Yes one is plenty. My DC are teens now but have only ever done one extra activity a week. Any more is just too tiring imo.

underneaththeash · 21/09/2023 21:53

She does an activity - nursery!

start with swimming in the summer term.

GeneralLevy · 21/09/2023 21:54

4 is young, but in the long run I would. I’ve always felt a bit that having no additional hobbies or skills has marked me out as an adult. I got very good grades, a good career and I mixed with people who could play instruments, sail, ski, knew team sports etc. I never did an activity and it was something I felt at a good university l, then socially as an adult mixing with those with generational wealth.

lilsupersparks · 21/09/2023 22:04

Mine did swimming. Then they each have a sport/physical activity and a Scouting club (Beavers starts at 6 though) - oh and the oldest two had a year of music lessons - the eldest has carried on but the other chose not to. They started that maybe 8? It was within school hours so no major hardship.

my eldest has had to drop his sport as the class has been cancelled - he cycles to school semi-regularly though.

I didn’t do any sport as a child/teen and don’t think it served me well.

4 nothing more than nursery/school is needed tbh - swimming is nice to get going even if only for your own peace of mind!

DrinkFeckArseBrick · 21/09/2023 22:09

Before they're around 5-6, any activity is led by the parent in my experience. Both my kids LOVE activities - if we try something new they're immediately ' can I join a club in this? Can I get lessons so I can be the best?' Before this, they would never ask, and if I suggested it, they would maybe go to 3 lessons and get bored.

I'd say 4 years old is a great age for pottering, make the most of it

0021andabit · 21/09/2023 22:11

My youngest is 4 & doesn’t do any clubs at all yet. My older two do loads, but they picked them up at around 7/8 when they had definite interests.

Mustreadabook · 21/09/2023 22:14

My kids never did many activities despite everything offered. Swimming lessons we gave up when they were 3 and had to go without parents. They wouldn’t stay in the water! They still learned to swim though, through lots of pool time with me, then a couple of crash courses in holidays 5 dsys in a row lessons)

UndercoverCop · 21/09/2023 22:14

To be honest DS is 4, does swimming and gymnastics and is about to start squirrels (younger than beavers), I've never really asked him! He's always got loads of energy and he's an only so I'm conscious that I have to make an effort for him to socialise with other children, I don't have many friends either with children at all or of a similar age.
Swimming he's been going since he was 12 weeks so it's just something he does, when he started gym I just said to him next week gymnastics starts and we talked about what that would be like and he enjoys it, it's been very good for his co-ordination.
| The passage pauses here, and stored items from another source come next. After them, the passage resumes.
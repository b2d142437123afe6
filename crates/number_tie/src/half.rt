//! One of the two halves of a tie.
ghost use Rattle.std.specs.Prelude.{◌≡◌, []};
ghost use Rattle.number_tie.specs.Share.{single, HoldsOne, number_of};

use crate::share::Share;
use atomic_table::{Badge, Seat};
use std::marker::Model;
use std::mem;

/// A half of a tie. Contracts see which tie it is of, and its number.
///
/// It has no bytes, and may lie beside any value and go to any thread.
#[derive(Drop)]
pub struct Half {
    pub(crate) badge: Badge<Share>,
}

impl Model for Half {
    ghost use Rattle.number_tie.specs.Half.{SeenHalf};
    ghost use Rattle.number_tie.specs.Share.{HoldsOne, number_of};

    ghost Value = { SeenHalf };

    ghost view = { λ h. record { tie = h.badge.table_id; number = number_of h.badge.views } };

    ghost invariant = { λ h. HoldsOne h.badge.views };
}

/// The seat of a half. Its place stays blank until the half is put back.
pub(crate) fn lifted(badge: &mut Badge<Share>) -> Seat<(), Share>
    requires { HoldsOne badge.old.views }
    ensures own { result.table_id ≡ badge.old.table_id }
    ensures half { result.me ≡ (single (number_of badge.old.views), []) }
{
    mem::replace(badge, Badge::blank()).into_seat()
}
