//! Numbers as a command line writes them.
ghost use Rattle.std.specs.Option.{SomeIff};
ghost use Rattle.meek_words.specs.Numerals.{IsNumeral, IsNumeralUpTo, number_of};

/// The number that 1 to 9 digits write.
pub(crate) fn numeral(word: &[u8]) -> Option<u32>
    ensures { SomeIff result (IsNumeral word.now) (number_of word.now) }
{
    if word.is_empty() || word.len() > 9 {
        return None;
    }
    let mut number = 0;
    for digit in word {
        if !digit.is_ascii_digit() {
            return None;
        }
        number = number * 10 + u32::from(*digit - b'0');
    }
    Some(number)
}

/// The number that 1 to 9 digits write, if it is one from 1 to the greatest.
pub(crate) fn numeral_up_to(greatest: u32, word: &str) -> Option<u32>
    ensures { SomeIff result (IsNumeralUpTo greatest word.now) (number_of word.now) }
{
    let number = numeral(word.as_bytes())?;
    if 1 <= number && number <= greatest {
        Some(number)
    } else {
        None
    }
}
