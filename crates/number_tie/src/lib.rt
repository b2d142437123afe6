//! Two numbers that lie in two places and are always equal.
//!
//! A [`Tie`] is shared. Its two [`Half`]s lie apart, as beside the values after two locks, and
//! each has a number. Whoever has both halves at hand learns that their numbers are equal, and
//! may raise both by one; nobody can change one half alone. [`NoMemory`] says that a tie could
//! not be made.
#![tactic(auto)]

mod half;
mod no_memory;
mod rule;
mod share;
mod tie;

pub use half::Half;
pub use no_memory::NoMemory;
pub use tie::Tie;
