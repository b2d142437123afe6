// An office that is called by one caller after another.
ghost use Rattle.std.specs.Prelude.{◌≡◌, ◌<◌, ◌≤◌, ◌^◌, [], All, OnOk, length};
ghost use Rattle.plain_ballots.specs.declared.limits.TheConstants.{MOST_CANDIDATES};
ghost use Rattle.day_reader.specs.Said.{IsAnswerable};
ghost use Rattle.day_replay.specs.Replay.{IsLedOn};

use crate::NoMemory;
use crate::bare::bare_call;
use batch_core::{Book, Call, Entries, Entry, a_book_answers_a_history};
use call_register::History;
use std::alloc::Global;
use std::marker::Model;

/// The plain book without ballots, which has the replies of the book with them, and all answered calls.
#[derive(Drop)]
pub(crate) struct Replay {
    book: Book,
    entries: Entries,
}

impl Model for Replay {
    ghost use Rattle.day_replay.specs.Replay.{ReplayState, IsReplay};

    ghost Value = { ReplayState };

    ghost view = { λ r. record { candidates = r.book.candidates; history = r.entries.items } };

    ghost invariant = { λ r. IsReplay r.book r.entries.items };
}

impl Replay {
    /// An office of so many candidates, before the first call.
    pub fn new(alloc: Global, candidates: u32) -> Replay
        requires { (1 ≤ candidates) × (candidates ≤ MOST_CANDIDATES) }
        ensures { result ≡ record { candidates = candidates; history = [] } }
    {
        Replay {
            book: Book::new(alloc, candidates),
            entries: Entries::new(alloc),
        }
    }

    /// Answers the next call.
    pub fn answer(&mut self, alloc: Global, caller: u32, asked: Call) -> Result<(), NoMemory>
        requires { IsAnswerable self.old.candidates asked }
        ensures { OnOk result (IsLedOn caller asked self.old self.new) }
    {
        a_book_answers_a_history();
        self.entries.reserve(1)?;
        let reply = self.book.step(bare_call(alloc, &asked))?;
        self.entries.push_reserved(Entry {
            caller,
            call: asked,
            reply,
        });
        Ok(())
    }

    /// The number of calls.
    pub fn calls(&self) -> u64
        ensures calls { result ≡ length self.now.history }
        ensures few { result < 2 ^ 63 }
    {
        self.entries.items().len() as u64
    }

    /// The history of all calls.
    pub fn finish(self) -> History
        ensures history { result ≡ self.history }
        ensures answerable { All (λ e. IsAnswerable self.candidates e.call) result }
    {
        History::from_entries(self.entries)
    }
}
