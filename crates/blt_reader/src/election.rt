use candidate_roll::Roll;
use plain_ballots::Ballots;

/// An election as its file says it. The ballots are of the roll's candidates.
#[derive(Debug, Drop)]
pub struct Election {
    pub roll: Roll,
    pub ballots: Ballots,
}

/// The same, with its ballots in a store of any kind.
#[derive(Drop)]
pub struct StoredElection<B> {
    pub roll: Roll,
    pub ballots: B,
}
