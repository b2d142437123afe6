// What is counted for the freezes of a history.
ghost use Rattle.std.specs.Prelude.{◌≡◌, All, IfOk, length, map};
ghost use Rattle.lane_sheet.specs.Plans.{CanBeCounted};
ghost use Rattle.day_lines.specs.DayText.{roll_with};

use crate::{Frozen, NoMemory};
use candidate_roll::Roll;
use frozen_plan::Plans;
use std::alloc::Global;

/// The roll of each sheet, in which those struck before its freeze are withdrawn besides.
pub(crate) fn rolls_of(alloc: Global, roll: &Roll, frozen: &[Frozen]) -> Result<Vec<Roll>, NoMemory>
    requires { All (λ version. version.candidates ≡ length roll.now.names) frozen.now }
    ensures { IfOk result (λ rolls. rolls.items ≡ map (λ version. roll_with roll.now version.struck) frozen.now) }
{
    let mut rolls = Vec::new(alloc);
    for version in frozen {
        rolls.push(roll.with_struck(alloc, version.struck())?)?;
    }
    Ok(rolls)
}

/// The place of each freeze.
pub(crate) fn places_of(alloc: Global, frozen: &[Frozen]) -> Result<Vec<u64>, NoMemory>
    ensures { IfOk result (λ places. places.items ≡ map (λ version. version.at) frozen.now) }
{
    let places = frozen.iter().map(|version| version.at()).collect(alloc)?;
    Ok(places)
}

/// The plans of what stood at each freeze of an office of so many candidates.
pub(crate) fn plans_of(
    alloc: Global,
    frozen: Vec<Frozen>,
    candidates: u32,
) -> Result<Vec<Plans>, NoMemory>
    requires { All (λ version. version.candidates ≡ candidates) frozen.items }
    ensures plans { IfOk result (λ plans. plans.items ≡ map (λ version. version.plans) frozen.items) }
    ensures counted { IfOk result (λ plans. All (CanBeCounted candidates) plans.items) }
{
    let mut plans = Vec::new(alloc);
    for version in frozen {
        plans.push(version.into_plans())?;
    }
    Ok(plans)
}
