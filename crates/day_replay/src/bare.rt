// A call without its ballots.
ghost use Rattle.std.specs.Prelude.{◌≡◌};
ghost use Rattle.day_replay.specs.Bare.{bare_call, bare_change};

use batch_core::{Call, Change};
use plain_ballots::Ballots;
use std::alloc::Global;

/// The same call without its ballots, on which no reply depends.
pub(crate) fn bare_call(alloc: Global, asked: &Call) -> Call
    ensures { result ≡ bare_call asked.now }
{
    match asked {
        Call::Change(change) => Call::Change(bare_change(alloc, change)),
        Call::Freeze => Call::Freeze,
        Call::Strike(candidate) => Call::Strike(*candidate),
    }
}

/// The same change without its ballots.
fn bare_change(alloc: Global, change: &Change) -> Change
    ensures { result ≡ bare_change change.now }
{
    match change {
        Change::Enter { batch, ballots } => Change::Enter {
            batch: *batch,
            ballots: Ballots::new(alloc, ballots.candidates()),
        },
        Change::Correct {
            batch,
            revision,
            ballots,
        } => Change::Correct {
            batch: *batch,
            revision: *revision,
            ballots: Ballots::new(alloc, ballots.candidates()),
        },
        Change::Withdraw { batch, revision } => Change::Withdraw {
            batch: *batch,
            revision: *revision,
        },
    }
}
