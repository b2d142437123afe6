//! What holds of words, whoever reads them.
ghost use Rattle.meek_words.specs.Forms.{HaveOneCommand};
ghost use Rattle.meek_words.specs.Numerals.{HaveOneLotList};

/// Words have at most one command.
pub fn words_have_one_command()
    ensures { HaveOneCommand }
{}

/// A word is at most one list of lots.
pub fn words_have_one_lot_list()
    ensures { HaveOneLotList }
{}
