// Files up to their title.
ghost use Rattle.std.specs.Prelude.{◌≡◌, ◌≤◌, length, All, IfOk, IfErr};
ghost use Rattle.plain_ballots.specs.declared.limits.TheConstants.{MOST_BALLOTS};
ghost use Rattle.candidate_roll.specs.Roll.{IsFew, withdrawn_marks};
ghost use Rattle.input_text.specs.declared.input_stop.InputStop.TheVariants as stop;
ghost use Rattle.blt_reader.specs.BltTable.{Candidates, at_token};
ghost use Rattle.blt_reader.specs.Said.{limit_of, IsRollOf, IsRollRefusal};
ghost use Rattle.input_text.specs.Reads.{IsBehind, IfFault, Reads};
ghost use Rattle.blt_reader.specs.Stored.{ReadsHeld};
ghost use Rattle.blt_reader.specs.Election.{poll, poll_of_lines};

use crate::line_bounds::LineBounds;
use crate::line_reader::{LineReader, OneByOne};
use crate::names::{read_name, read_names};
use crate::opening::read_opening;
use crate::{Election, StoredElection};
use candidate_roll::{MOST_TITLE_BYTES, Name, Names, Roll, RollStop};
use input_text::{FaultKind, InputStop, Tokens};
use packed_ballots::BallotStore;
use plain_ballots::{Ballots, MOST_BALLOTS};
use std::alloc::Global;

/// Reads a file up to its title and no further: an Ok leaves the reader right after the title.
/// Without `with_ballots` any ballot is refused as [`FaultKind::BallotsInRoll`] at its count. After
/// an Err the reader is right after the last token that it has given: after a refusal of a token
/// that is the refused one, and after want of memory no clause says which of them it is.
pub fn read_roll(
    alloc: Global,
    tokens: &mut Tokens<'_>,
    with_ballots: bool,
) -> Result<Election, InputStop>
    ensures accepted { IfOk result (λ e. IsRollOf (limit_of with_ballots) tokens.old.rest (poll e) tokens.new.rest) }
    ensures refused { IfFault result (λ fault. IsRollRefusal (limit_of with_ballots) tokens.old.rest fault) }
    ensures reads { Reads (at_token (limit_of with_ballots)) Candidates poll tokens.old.rest result tokens.new.rest }
    ensures candidates { IfOk result (λ e. e.ballots.candidates ≡ length e.roll.names) }
    ensures behind { IsBehind tokens.old tokens.new }
{
    if with_ballots {
        read_election(alloc, tokens, MOST_BALLOTS, FaultKind::TooManyBallots)
    } else {
        read_election(alloc, tokens, 0, FaultKind::BallotsInRoll)
    }
}

fn read_election(
    alloc: Global,
    tokens: &mut Tokens<'_>,
    most: u32,
    refusal: FaultKind,
) -> Result<Election, InputStop>
    requires { most ≤ MOST_BALLOTS }
    ensures reads { Reads (at_token (record { most = most; refusal = refusal })) Candidates poll tokens.old.rest result tokens.new.rest }
    ensures candidates { IfOk result (λ e. e.ballots.candidates ≡ length e.roll.names) }
    ensures behind { IsBehind tokens.old tokens.new }
{
    let stored = read_up_to_title::<Ballots, OneByOne>(alloc, tokens, most, refusal, &OneByOne)?;
    Ok(Election {
        roll: stored.roll,
        ballots: stored.ballots,
    })
}

/// A file up to its title, of at most `most` ballots, more of which are refused for `refusal`.
pub(crate) fn read_up_to_title<B: BallotStore + Drop, L: LineReader<B>>(
    alloc: Global,
    tokens: &mut Tokens<'_>,
    most: u32,
    refusal: FaultKind,
    how: &L,
) -> Result<StoredElection<B>, InputStop>
    requires { most ≤ MOST_BALLOTS }
    ensures reads { ReadsHeld (λ e. B.holds e.ballots) (at_token (record { most = most; refusal = refusal })) Candidates poll_of_lines tokens.old.rest result tokens.new.rest }
    ensures candidates { IfOk result (λ e. B.among e.ballots ≡ length e.roll.names) }
    ensures behind { IsBehind tokens.old tokens.new }
{
    let opening = read_opening(alloc, tokens)?;
    let candidates = opening.candidates;
    let Ok(empty) = B::empty(alloc, candidates) else {
        return Err(InputStop::NoMemory);
    };
    let bounds = LineBounds {
        candidates,
        most,
        refusal,
    };
    let ballots = how.read_lines(alloc, tokens, empty, bounds, opening.first)?;
    let names = read_names(alloc, tokens, candidates)?;
    let title = read_name(alloc, tokens)?;
    let withdrawn = opening.withdrawn.as_slice();
    let roll = new_roll(alloc, opening.seats, names, title, withdrawn)?;
    Ok(StoredElection { roll, ballots })
}

// The roll of numbers that are known to make one.
fn new_roll(
    alloc: Global,
    seats: u32,
    names: Names,
    title: Name<MOST_TITLE_BYTES>,
    withdrawn: &[u32],
) -> Result<Roll, InputStop>
    requires seats { IsFew seats }
    requires candidates { IsFew (length names) }
    requires withdrawn { All (λ c. (1 ≤ c) × (c ≤ length names)) withdrawn.now }
    ensures roll { IfOk result (λ roll. roll ≡ record { seats = seats; names = names; title = title; withdrawn = withdrawn_marks (length names) withdrawn.now }) }
    ensures only_memory { IfErr result (λ why. why ≡ stop.NoMemory) }
{
    match Roll::try_new(alloc, seats, names, title, withdrawn) {
        Ok(roll) => Ok(roll),
        Err(RollStop::NoMemory) => Err(InputStop::NoMemory),
        Err(RollStop::BadCount) => unreachable!(),
        Err(RollStop::BadSeats) => unreachable!(),
    }
}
Squirrels doesn't start until November as it's a new drey starting up, he doesn't even know yet.
He was used to actovities as they had external coaches/teachers coming into nursery for football, dance, Spanish and they had forest school every afternoon.
But maybe I should've asked him, I just didn't think 🤦‍♂️

Zola1 · 21/09/2023 22:16

As other posters have said, with swimming it might need to just be an approach of 'we are going to go and start swimming lessons'. Otherwise don't stress. Mine didn't really get into activities until about 6/7 and now she's barely home because she's always dancing or trampolining or playing netball 🫠

newlystyle · 21/09/2023 22:17

swimminglessonadvice · 21/09/2023 21:08

You could start swimming, no point asking the child you just take them.

This. I don't think this is young at all. Most of my dc class mates including him have been doing activities at this age. Why do you ask her? Off course she isn't going to know what the activity actually means. Start swimming maybe as it's actually something she needs to do.